We have to defend ourselves," Mofaz told Reuters after a meeting
with his German counterpart Franz Josef Jung.
Iran denies wanting nuclear weapons and says it is only interested
in the peaceful generation of electricity. It has also threatened to
retaliate if Israel or the United States were to bomb any of its
nuclear facilities.
In 1981, Israel bombed Iraq's Osirak nuclear reactor to prevent
Saddam Hussein from getting nuclear weapons. Saddam's covert atom
bomb program continued until U.N. inspectors dismantled it after the
1991 Gulf War, but the Israeli strike set progress back many years.
"The Israeli approach is that the U.S. and the European countries
should lead the issue of the Iranian nuclear program to the table of
the U.N. Security Council, asking for sanctions. And I hope the
sanctions will be effective," Mofaz said.
Mofaz, who was born in Iran, added that Israel believed the
15-nation Security Council should grant the International Atomic
Energy Agency (IAEA), the U.N.'s Vienna-based nuclear watchdog,
sweeping inspection powers so that it can smoke out any secret
nuclear arms-related activities in Iran.
"We need to have very deep and large inspections within all the
nuclear locations in Iran because Iran has two nuclear programs --
one is a covered one and the second is uncovered," he said.
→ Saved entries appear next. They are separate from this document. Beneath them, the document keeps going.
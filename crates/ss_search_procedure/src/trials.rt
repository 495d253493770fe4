// Trials of decisions in one path.

ghost use Rattle.std.specs.Prelude.{List, OnOk};
ghost use Rattle.std.specs.List.{Contains};
ghost use Rattle.ss_core.specs.Tree.{ClassTree};
ghost use Rattle.ss_logic.specs.Formulas.{neg};
ghost use Rattle.ss_terms.specs.Forms.{formula_at, HasFormula};
ghost use Rattle.ss_search_path.specs.Paths.{IsSame, IsSupposed};
ghost use Rattle.ss_search_reaching.specs.declared.reaching.Reaching.{Reaching};
ghost use Rattle.ss_search_procedure.specs.Decisions.{bank_of, reached_in, IsSetting, IsState, IsSide, GoesOn, IsShown, ReachesBy, ClosesBy, IsLast, IsTrialOf, IsAsBefore};

use crate::setting::Settling;
use ss_deriv::Line;
use ss_search_reaching::{Marks, Reaching};
use ss_terms::FormulaId;
use std::alloc::AllocError;

impl Settling<'_> {
    /// The last fact is reached from now on, where it wasn't before.
    pub(crate) fn learn_last(&self, reaching: &mut Reaching, f: FormulaId) -> Result<(), AllocError>
        requires setting { IsSetting self.now }
        requires state { IsState self.now reaching.old }
        requires formula { HasFormula (bank_of self.now) f }
        requires side { IsSide self.now (formula_at (bank_of self.now) f) }
        requires last { IsLast (bank_of self.now) (formula_at (bank_of self.now) f) reaching.old.path }
        ensures goes_on { OnOk result (GoesOn self.now reaching.old reaching.new) }
        ensures known { OnOk result (Contains (reached_in self.now reaching.new) (formula_at (bank_of self.now) f)) }
        ensures path { OnOk result (IsSame reaching.old.path reaching.new.path) }
        ensures shown { OnOk result ((cs : List ClassTree) → IsShown cs self.now reaching.old → IsShown cs self.now reaching.new) }
    {
        let place = reaching.path.known.len() - 1;
        let standing = self.given.itself(place);
        reaching.learn(&self.given, f, standing)
    }

    /// A side of a decision is supposed, and reached.
    pub(crate) fn suppose(&self, reaching: &mut Reaching, p: FormulaId) -> Result<(), AllocError>
        requires setting { IsSetting self.now }
        requires state { IsState self.now reaching.old }
        requires formula { HasFormula (bank_of self.now) p }
        requires side { IsSide self.now (formula_at (bank_of self.now) p) }
        ensures goes_on { OnOk result (GoesOn self.now reaching.old reaching.new) }
        ensures known { OnOk result (Contains (reached_in self.now reaching.new) (formula_at (bank_of self.now) p)) }
        ensures begun { OnOk result (IsSupposed (bank_of self.now) p reaching.old.path reaching.new.path) }
        ensures shown { OnOk result ((cs : List ClassTree) → IsShown cs self.now reaching.old → IsShown cs self.now reaching.new) }
    {
        let _mark = reaching.path.suppose(self.given.bank, p)?;
        self.learn_last(reaching, p)
    }

    /// Takes back a trial that stays open. It takes no memory.
    pub(crate) fn take_back(&self, reaching: &mut Reaching, marks: Marks, p: FormulaId)
        requires trial { (at : Reaching) × IsTrialOf self.now marks p at reaching.old }
        ensures before { (at : Reaching) → IsTrialOf self.now marks p at reaching.old → IsAsBefore self.now at reaching.new }
        ensures reaches { (at : Reaching) → IsTrialOf self.now marks p at reaching.old → ReachesBy self.now at reaching.new }
    {
        let _ = p;
        reaching.forget(&self.given, marks);
        reaching.path.undo(marks.path);
    }

    /// The negation of a supposed side is the last fact, where these lines close the trial.
    pub(crate) fn deny(
        &self,
        reaching: &mut Reaching,
        marks: Marks,
        p: FormulaId,
        closing: Vec<Line>,
    ) -> Result<(), AllocError>
        requires setting { IsSetting self.now }
        requires formula { HasFormula (bank_of self.now) p }
        requires side { IsSide self.now (formula_at (bank_of self.now) p) }
        requires trial { (at : Reaching) × IsTrialOf self.now marks p at reaching.old }
        ensures before { OnOk result ((at : Reaching) → IsTrialOf self.now marks p at reaching.old → IsAsBefore self.now at reaching.new) }
        ensures last { OnOk result (IsLast (bank_of self.now) (neg (formula_at (bank_of self.now) p)) reaching.new.path) }
        ensures reaches { OnOk result ((at : Reaching) (trial : IsTrialOf self.now marks p at reaching.old) → ClosesBy self.now trial.trial reaching.old closing.items → ReachesBy self.now at reaching.new) }
    {
        reaching.forget(&self.given, marks);
        reaching
            .path
            .refuted(self.given.bank, marks.path, p, closing)
    }
}
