// What choices make known.

ghost use Rattle.std.specs.Prelude.{◌≡◌, ◌∷◌, [], List, map, IfOk, OnOk};
ghost use Rattle.ss_core.specs.View as view;
ghost use Rattle.ss_logic.specs.declared.Sort.{Sort};
ghost use Rattle.ss_logic.specs.Formulas as logic;
ghost use Rattle.ss_logic.specs.Formulas.{formulas_from, neg};
ghost use Rattle.ss_logic_means.specs.Origins.{chosen_by};
ghost use Rattle.ss_terms.specs.Forms.{formula_at, formulas_at, terms_at, HasFormula, HasTerms, IsBankOf, IsGrown};
ghost use Rattle.ss_rules_opened.specs.Choices.{choice_of, choices_at, HasChoices};
ghost use Rattle.ss_search_path.specs.Standing.{body_of};
ghost use Rattle.ss_search_procedure.specs.Starting.{IsSaid};

use ss_core::Classes;
use ss_rules_opened::Choice;
use ss_terms::{Bank, Formula, FormulaId, Parts, TermId};
use ss_terms_puts::put;
use std::alloc::{AllocError, Global};

/// What each choice makes known, and the body of each.
#[derive(Drop)]
pub struct Chosen {
    /// What they make known.
    pub formulas: Vec<FormulaId>,
    /// Their bodies.
    pub bodies: Vec<FormulaId>,
}

// What one choice makes known, and its body.
#[derive(Clone, Copy, Drop)]
pub(crate) struct Said {
    pub(crate) formula: FormulaId,
    pub(crate) body: FormulaId,
}

// Either there is nothing that an `exists` says, or its body holds.
fn either(
    alloc: Global,
    bank: &mut Bank,
    whole: FormulaId,
    body: FormulaId,
) -> Result<FormulaId, AllocError>
    requires whole { HasFormula bank.old whole }
    requires body { HasFormula bank.old body }
    ensures at { IfOk result (λ f. HasFormula bank.new f × (formula_at bank.new f ≡ logic.Or (formulas_from (neg (formula_at bank.old whole) ∷ formula_at bank.old body ∷ [])))) }
    ensures grown { IsGrown bank.old bank.new }
{
    let none = bank.negation(whole);
    let mut parts = Parts::new(alloc);
    parts.push(none)?;
    parts.push(body)?;
    bank.formula(Formula::Or(parts))
}

// What the choice of an `exists` with this body makes known, and that body at the constants.
fn say_exists(
    alloc: Global,
    bank: &mut Bank,
    classes: &Classes,
    whole: FormulaId,
    constants: &[TermId],
    body: FormulaId,
) -> Result<Said, AllocError>
    requires bank { IsBankOf (view.classes classes.now) bank.old }
    requires whole { HasFormula bank.old whole }
    requires constants { HasTerms bank.old constants.now }
    requires body { HasFormula bank.old body }
    requires exists { (ss : List Sort) × (formula_at bank.old whole ≡ logic.Exists ss (formula_at bank.old body)) }
    ensures said { IfOk result (λ s. IsSaid bank.new s (choice_of (formula_at bank.old whole) (terms_at bank.old constants.now))) }
    ensures grown { IsGrown bank.old bank.new }
{
    let body = put(alloc, bank, classes, constants, body)?;
    let formula = either(alloc, bank, whole, body)?;
    Ok(Said { formula, body })
}

// What a choice makes known, and its body.
fn say(
    alloc: Global,
    bank: &mut Bank,
    classes: &Classes,
    whole: FormulaId,
    constants: &[TermId],
) -> Result<Said, AllocError>
    requires bank { IsBankOf (view.classes classes.now) bank.old }
    requires whole { HasFormula bank.old whole }
    requires constants { HasTerms bank.old constants.now }
    ensures said { IfOk result (λ s. IsSaid bank.new s (choice_of (formula_at bank.old whole) (terms_at bank.old constants.now))) }
    ensures grown { IsGrown bank.old bank.new }
{
    let itself = Said {
        formula: whole,
        body: whole,
    };
    match bank.formula_node(whole) {
        Formula::Exists(_sorts, body) => {
            let body = *body;
            say_exists(alloc, bank, classes, whole, constants, body)
        }
        Formula::Literal { .. } => Ok(itself),
        Formula::And(_) => Ok(itself),
        Formula::Or(_) => Ok(itself),
        Formula::Forall(_, _) => Ok(itself),
    }
}

/// What each of the choices makes known, and the body of each, as formulas of the bank. An error is want of memory.
pub fn chosen_formulas(
    alloc: Global,
    bank: &mut Bank,
    classes: &Classes,
    choices: &[Choice],
) -> Result<Chosen, AllocError>
    requires bank { IsBankOf (view.classes classes.now) bank.old }
    requires choices { HasChoices bank.old choices.now }
    ensures has { OnOk result (HasChoices bank.new choices.now) }
    ensures formulas { IfOk result (λ r. formulas_at bank.new r.formulas.items ≡ map chosen_by (choices_at bank.new choices.now)) }
    ensures bodies { IfOk result (λ r. formulas_at bank.new r.bodies.items ≡ map body_of (choices_at bank.new choices.now)) }
    ensures grown { IsGrown bank.old bank.new }
{
    let mut formulas = Vec::new(alloc);
    let mut bodies = Vec::new(alloc);
    for choice in choices {
        let said = say(alloc, bank, classes, choice.whole, &choice.constants)?;
        formulas.push(said.formula)?;
        bodies.push(said.body)?;
    }
    Ok(Chosen { formulas, bodies })
}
The Iranian delegation to an IAEA board of governors meeting in
Vienna issued a statement earlier warning that the United States
could feel "harm and pain" if the Security Council took up the issue
of Tehran's nuclear fuel research and vowed never to abandon its
atomic program.
At a news conference with Mofaz, Jung told reporters Germany was
already discussing with the five permanent Security Council members
-- Russia, China, the United States, Britain and France -- what the
council could do to prevent Tehran getting the bomb.
"Everything must be done to ensure that Iran does not acquire
nuclear weapons," Jung said.
A senior diplomat from one of the "EU3" said earlier that the
Security Council would probably begin discussing Iran next week and
hoped to issue a "presidential statement" urging Iran to suspend its
uranium enrichment program and cooperate with the IAEA.